»»

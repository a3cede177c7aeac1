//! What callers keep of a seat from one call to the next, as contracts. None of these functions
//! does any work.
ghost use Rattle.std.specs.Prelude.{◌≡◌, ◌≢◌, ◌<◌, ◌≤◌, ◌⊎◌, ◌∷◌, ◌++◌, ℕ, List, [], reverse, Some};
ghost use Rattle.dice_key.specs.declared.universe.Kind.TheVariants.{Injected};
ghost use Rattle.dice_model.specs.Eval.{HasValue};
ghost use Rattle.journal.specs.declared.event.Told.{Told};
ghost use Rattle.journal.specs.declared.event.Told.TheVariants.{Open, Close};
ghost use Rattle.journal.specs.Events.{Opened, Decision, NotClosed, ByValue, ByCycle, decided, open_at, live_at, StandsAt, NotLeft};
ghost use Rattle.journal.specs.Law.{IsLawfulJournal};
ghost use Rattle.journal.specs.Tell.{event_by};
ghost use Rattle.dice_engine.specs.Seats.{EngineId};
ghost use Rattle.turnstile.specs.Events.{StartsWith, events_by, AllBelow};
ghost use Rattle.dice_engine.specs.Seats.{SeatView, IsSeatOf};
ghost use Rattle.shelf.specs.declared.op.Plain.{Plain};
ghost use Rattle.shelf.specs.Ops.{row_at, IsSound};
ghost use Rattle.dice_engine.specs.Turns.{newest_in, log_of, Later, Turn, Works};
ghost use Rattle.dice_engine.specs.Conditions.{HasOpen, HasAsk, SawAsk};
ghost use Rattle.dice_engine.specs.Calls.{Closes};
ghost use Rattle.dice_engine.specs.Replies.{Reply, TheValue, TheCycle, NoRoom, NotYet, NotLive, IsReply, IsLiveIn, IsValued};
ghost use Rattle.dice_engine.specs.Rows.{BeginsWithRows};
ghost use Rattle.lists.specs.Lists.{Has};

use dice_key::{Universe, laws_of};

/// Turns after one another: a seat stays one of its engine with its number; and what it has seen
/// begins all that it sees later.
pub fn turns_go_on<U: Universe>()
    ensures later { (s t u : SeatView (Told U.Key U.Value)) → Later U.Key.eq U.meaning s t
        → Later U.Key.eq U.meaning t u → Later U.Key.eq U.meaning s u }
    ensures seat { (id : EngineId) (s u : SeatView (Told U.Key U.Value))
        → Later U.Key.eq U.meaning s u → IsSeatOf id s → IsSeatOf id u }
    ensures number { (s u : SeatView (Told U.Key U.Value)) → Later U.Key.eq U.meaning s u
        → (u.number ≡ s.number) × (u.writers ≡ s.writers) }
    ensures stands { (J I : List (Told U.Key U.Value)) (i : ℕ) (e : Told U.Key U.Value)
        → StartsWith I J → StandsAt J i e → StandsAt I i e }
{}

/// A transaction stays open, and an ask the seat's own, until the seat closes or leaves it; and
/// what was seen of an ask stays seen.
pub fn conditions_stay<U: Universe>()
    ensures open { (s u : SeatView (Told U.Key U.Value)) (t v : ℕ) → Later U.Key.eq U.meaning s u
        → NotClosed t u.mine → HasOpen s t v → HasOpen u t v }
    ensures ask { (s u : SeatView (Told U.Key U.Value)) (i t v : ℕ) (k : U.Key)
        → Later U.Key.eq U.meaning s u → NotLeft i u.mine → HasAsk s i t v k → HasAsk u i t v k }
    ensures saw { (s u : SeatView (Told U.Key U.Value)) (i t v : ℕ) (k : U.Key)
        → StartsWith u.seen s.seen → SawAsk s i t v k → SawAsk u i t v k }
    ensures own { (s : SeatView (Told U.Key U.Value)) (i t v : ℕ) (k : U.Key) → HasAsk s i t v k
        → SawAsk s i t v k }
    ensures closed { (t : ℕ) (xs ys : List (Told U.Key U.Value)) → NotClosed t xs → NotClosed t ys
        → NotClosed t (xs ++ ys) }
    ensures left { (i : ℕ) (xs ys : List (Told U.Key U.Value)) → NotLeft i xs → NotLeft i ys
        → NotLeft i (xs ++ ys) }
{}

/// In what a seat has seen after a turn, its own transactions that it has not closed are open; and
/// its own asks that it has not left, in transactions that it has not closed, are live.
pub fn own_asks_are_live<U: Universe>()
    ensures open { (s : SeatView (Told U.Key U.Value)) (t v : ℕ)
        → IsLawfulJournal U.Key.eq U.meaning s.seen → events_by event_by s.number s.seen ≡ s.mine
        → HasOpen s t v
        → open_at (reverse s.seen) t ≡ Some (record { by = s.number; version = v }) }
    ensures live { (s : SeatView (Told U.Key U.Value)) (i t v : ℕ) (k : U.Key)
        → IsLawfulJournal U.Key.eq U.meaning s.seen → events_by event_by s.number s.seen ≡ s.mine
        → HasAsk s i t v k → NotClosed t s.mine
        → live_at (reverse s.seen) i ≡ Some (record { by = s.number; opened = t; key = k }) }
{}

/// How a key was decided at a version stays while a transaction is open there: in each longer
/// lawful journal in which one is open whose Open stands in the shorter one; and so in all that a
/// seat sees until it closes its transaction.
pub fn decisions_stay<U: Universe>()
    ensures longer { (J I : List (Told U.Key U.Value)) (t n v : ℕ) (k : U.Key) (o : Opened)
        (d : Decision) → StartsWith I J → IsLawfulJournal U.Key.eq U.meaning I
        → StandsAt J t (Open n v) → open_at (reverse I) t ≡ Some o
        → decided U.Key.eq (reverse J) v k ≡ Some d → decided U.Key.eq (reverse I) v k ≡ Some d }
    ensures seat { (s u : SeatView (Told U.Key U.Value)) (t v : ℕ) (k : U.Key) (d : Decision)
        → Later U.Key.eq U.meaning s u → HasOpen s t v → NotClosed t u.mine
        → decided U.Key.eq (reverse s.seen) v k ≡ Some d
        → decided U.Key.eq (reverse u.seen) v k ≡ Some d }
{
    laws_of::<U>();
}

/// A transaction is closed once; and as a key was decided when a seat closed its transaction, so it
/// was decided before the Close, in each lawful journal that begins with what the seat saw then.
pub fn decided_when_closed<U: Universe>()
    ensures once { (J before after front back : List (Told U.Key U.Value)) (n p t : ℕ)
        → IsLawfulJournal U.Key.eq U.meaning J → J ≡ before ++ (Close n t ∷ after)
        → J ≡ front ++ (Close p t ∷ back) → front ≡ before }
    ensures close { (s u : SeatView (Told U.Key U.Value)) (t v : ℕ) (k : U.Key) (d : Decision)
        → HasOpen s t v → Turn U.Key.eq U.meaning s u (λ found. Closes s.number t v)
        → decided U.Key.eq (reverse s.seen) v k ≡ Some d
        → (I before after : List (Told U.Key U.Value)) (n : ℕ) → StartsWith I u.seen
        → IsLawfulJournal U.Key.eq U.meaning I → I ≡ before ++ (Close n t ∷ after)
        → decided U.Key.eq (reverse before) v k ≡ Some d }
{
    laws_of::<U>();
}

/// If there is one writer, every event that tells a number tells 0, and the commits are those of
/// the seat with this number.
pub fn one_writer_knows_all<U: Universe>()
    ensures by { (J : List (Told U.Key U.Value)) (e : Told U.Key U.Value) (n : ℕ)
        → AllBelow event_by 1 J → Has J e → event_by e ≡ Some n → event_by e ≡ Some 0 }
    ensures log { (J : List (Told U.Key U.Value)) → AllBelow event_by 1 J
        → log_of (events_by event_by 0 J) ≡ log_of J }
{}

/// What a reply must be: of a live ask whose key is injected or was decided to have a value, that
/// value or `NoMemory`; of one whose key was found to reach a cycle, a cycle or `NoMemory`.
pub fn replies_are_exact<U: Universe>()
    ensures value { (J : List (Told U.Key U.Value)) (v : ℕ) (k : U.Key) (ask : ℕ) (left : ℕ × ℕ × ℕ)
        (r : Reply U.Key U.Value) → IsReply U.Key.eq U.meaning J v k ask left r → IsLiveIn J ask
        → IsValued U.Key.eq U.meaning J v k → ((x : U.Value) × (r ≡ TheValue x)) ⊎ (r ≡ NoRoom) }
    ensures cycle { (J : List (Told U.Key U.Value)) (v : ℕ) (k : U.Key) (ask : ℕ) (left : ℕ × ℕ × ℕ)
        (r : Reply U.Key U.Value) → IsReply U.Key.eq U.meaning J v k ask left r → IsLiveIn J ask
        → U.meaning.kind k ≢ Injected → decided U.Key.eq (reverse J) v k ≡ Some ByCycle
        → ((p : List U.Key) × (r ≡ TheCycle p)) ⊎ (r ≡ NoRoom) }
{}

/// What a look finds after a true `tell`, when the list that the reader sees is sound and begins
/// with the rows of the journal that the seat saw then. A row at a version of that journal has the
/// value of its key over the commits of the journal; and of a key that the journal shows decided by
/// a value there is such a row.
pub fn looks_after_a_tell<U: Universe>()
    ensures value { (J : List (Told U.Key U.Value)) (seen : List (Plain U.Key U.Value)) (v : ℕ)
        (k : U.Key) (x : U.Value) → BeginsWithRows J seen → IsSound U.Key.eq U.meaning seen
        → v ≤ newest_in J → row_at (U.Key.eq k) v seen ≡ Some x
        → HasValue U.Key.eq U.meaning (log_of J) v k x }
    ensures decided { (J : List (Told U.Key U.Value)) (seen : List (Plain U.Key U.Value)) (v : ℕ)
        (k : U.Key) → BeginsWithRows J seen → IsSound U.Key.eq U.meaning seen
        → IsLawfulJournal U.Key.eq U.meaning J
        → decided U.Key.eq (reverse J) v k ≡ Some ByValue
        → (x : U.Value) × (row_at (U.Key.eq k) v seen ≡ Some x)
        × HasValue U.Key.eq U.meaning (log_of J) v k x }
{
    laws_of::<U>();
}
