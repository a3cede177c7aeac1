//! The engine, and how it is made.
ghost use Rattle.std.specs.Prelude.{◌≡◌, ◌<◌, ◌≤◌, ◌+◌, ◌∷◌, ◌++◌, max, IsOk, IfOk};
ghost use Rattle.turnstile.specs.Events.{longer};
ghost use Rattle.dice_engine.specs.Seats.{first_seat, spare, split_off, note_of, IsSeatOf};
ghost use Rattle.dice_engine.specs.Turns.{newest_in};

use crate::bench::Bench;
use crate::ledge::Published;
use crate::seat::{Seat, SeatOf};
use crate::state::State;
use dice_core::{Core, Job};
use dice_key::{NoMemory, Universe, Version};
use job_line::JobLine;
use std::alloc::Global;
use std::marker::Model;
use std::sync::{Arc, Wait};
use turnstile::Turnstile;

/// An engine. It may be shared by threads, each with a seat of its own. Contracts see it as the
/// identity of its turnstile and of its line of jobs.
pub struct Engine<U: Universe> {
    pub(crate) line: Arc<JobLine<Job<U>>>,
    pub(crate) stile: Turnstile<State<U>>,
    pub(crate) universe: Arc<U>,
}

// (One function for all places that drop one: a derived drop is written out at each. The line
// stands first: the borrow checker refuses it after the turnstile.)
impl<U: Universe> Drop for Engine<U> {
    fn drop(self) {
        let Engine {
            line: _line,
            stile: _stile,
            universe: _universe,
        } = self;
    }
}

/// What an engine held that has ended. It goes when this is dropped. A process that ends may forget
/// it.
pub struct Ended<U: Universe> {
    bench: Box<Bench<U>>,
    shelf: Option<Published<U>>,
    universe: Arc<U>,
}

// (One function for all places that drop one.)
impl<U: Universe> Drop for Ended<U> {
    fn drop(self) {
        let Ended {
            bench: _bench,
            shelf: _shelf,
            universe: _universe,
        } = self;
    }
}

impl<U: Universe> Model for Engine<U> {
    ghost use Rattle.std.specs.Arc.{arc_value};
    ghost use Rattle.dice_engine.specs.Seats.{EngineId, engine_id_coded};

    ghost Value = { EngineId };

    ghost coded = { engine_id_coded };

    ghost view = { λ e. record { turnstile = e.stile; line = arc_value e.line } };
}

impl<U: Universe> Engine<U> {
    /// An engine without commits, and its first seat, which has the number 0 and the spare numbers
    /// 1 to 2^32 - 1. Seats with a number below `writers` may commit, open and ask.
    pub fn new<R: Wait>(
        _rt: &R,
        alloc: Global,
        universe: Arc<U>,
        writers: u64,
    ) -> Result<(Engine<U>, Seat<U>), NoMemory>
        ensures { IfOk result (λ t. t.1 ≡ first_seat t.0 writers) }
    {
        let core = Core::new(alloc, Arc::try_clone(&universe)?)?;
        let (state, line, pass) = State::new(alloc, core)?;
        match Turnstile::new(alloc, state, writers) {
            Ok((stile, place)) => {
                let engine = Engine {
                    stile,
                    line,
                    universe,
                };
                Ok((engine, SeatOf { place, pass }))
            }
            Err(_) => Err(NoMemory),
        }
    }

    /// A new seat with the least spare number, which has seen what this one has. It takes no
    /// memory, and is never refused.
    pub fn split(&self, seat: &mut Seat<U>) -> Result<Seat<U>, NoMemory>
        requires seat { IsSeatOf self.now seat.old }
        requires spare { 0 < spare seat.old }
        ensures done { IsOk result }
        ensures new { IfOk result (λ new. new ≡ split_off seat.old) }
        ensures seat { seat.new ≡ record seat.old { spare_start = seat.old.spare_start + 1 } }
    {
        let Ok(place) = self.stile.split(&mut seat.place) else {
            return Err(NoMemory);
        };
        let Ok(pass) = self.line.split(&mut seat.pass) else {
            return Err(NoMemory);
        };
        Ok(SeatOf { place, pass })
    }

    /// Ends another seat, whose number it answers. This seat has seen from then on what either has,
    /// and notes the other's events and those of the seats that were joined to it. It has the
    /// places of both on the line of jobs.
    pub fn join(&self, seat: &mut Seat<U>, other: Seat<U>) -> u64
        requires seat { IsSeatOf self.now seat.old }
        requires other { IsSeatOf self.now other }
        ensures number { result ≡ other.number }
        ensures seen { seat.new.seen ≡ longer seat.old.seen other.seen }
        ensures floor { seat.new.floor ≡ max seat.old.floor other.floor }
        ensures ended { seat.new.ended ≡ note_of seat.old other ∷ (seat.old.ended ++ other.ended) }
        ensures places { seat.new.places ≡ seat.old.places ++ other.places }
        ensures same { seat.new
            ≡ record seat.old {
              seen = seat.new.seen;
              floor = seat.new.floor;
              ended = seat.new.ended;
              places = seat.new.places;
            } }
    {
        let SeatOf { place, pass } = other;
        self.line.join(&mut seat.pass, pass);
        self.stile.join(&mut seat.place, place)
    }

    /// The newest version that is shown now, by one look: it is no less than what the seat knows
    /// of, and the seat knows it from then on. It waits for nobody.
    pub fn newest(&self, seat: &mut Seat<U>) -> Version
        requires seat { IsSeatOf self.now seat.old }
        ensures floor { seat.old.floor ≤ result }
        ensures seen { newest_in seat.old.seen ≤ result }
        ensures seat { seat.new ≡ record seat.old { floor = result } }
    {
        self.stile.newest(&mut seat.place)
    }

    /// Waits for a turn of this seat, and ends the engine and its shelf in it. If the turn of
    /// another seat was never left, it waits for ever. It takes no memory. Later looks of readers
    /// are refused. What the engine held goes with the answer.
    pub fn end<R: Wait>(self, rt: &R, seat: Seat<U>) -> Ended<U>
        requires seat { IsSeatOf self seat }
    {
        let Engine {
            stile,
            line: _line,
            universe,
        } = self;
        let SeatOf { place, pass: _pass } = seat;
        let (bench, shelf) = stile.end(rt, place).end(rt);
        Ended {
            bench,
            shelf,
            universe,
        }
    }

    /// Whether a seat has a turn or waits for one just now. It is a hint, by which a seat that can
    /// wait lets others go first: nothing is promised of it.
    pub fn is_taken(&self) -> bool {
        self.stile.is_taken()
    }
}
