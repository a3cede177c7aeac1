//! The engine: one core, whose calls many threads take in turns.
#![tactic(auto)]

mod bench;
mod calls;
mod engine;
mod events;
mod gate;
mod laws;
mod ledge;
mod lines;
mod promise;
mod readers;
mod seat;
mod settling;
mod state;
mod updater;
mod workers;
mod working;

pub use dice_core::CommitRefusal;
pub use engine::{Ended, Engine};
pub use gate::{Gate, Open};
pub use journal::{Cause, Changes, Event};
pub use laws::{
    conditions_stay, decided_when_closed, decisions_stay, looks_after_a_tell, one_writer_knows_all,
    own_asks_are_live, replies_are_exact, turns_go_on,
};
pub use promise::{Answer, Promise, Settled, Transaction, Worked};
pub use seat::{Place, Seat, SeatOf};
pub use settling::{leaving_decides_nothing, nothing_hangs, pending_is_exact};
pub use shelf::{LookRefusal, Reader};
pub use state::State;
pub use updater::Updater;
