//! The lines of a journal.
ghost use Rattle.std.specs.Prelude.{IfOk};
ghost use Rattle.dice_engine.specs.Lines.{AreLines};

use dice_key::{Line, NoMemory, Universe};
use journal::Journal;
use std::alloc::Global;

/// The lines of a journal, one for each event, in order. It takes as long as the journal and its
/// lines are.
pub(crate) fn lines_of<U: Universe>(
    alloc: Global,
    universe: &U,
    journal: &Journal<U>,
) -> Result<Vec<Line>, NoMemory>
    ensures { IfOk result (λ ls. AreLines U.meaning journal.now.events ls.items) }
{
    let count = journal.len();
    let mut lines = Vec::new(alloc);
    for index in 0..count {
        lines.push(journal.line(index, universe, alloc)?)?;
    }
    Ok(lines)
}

««

Problem requirements:
With the line holding "< spare seat.old" as the first and the line holding "seat.new.seen ≡ longer" as the last, please transcribe exactly the lines of the material above in that range and nothing else.

Solution to this problem:
        requires spare { 0 < spare seat.old }
        ensures done { IsOk result }
        ensures new { IfOk result (λ new. new ≡ split_off seat.old) }
        ensures seat { seat.new ≡ record seat.old { spare_start = seat.old.spare_start + 1 } }
    {
        let Ok(place) = self.stile.split(&mut seat.place) else {
            return Err(NoMemory);
        };
        let Ok(pass) = self.line.split(&mut seat.pass) else {
            return Err(NoMemory);
        };
        Ok(SeatOf { place, pass })
    }

    /// Ends another seat, whose number it answers. This seat has seen from then on what either has,
    /// and notes the other's events and those of the seats that were joined to it. It has the
    /// places of both on the line of jobs.
    pub fn join(&self, seat: &mut Seat<U>, other: Seat<U>) -> u64
        requires seat { IsSeatOf self.now seat.old }
        requires other { IsSeatOf self.now other }
        ensures number { result ≡ other.number }
        ensures seen { seat.new.seen ≡ longer seat.old.seen other.seen }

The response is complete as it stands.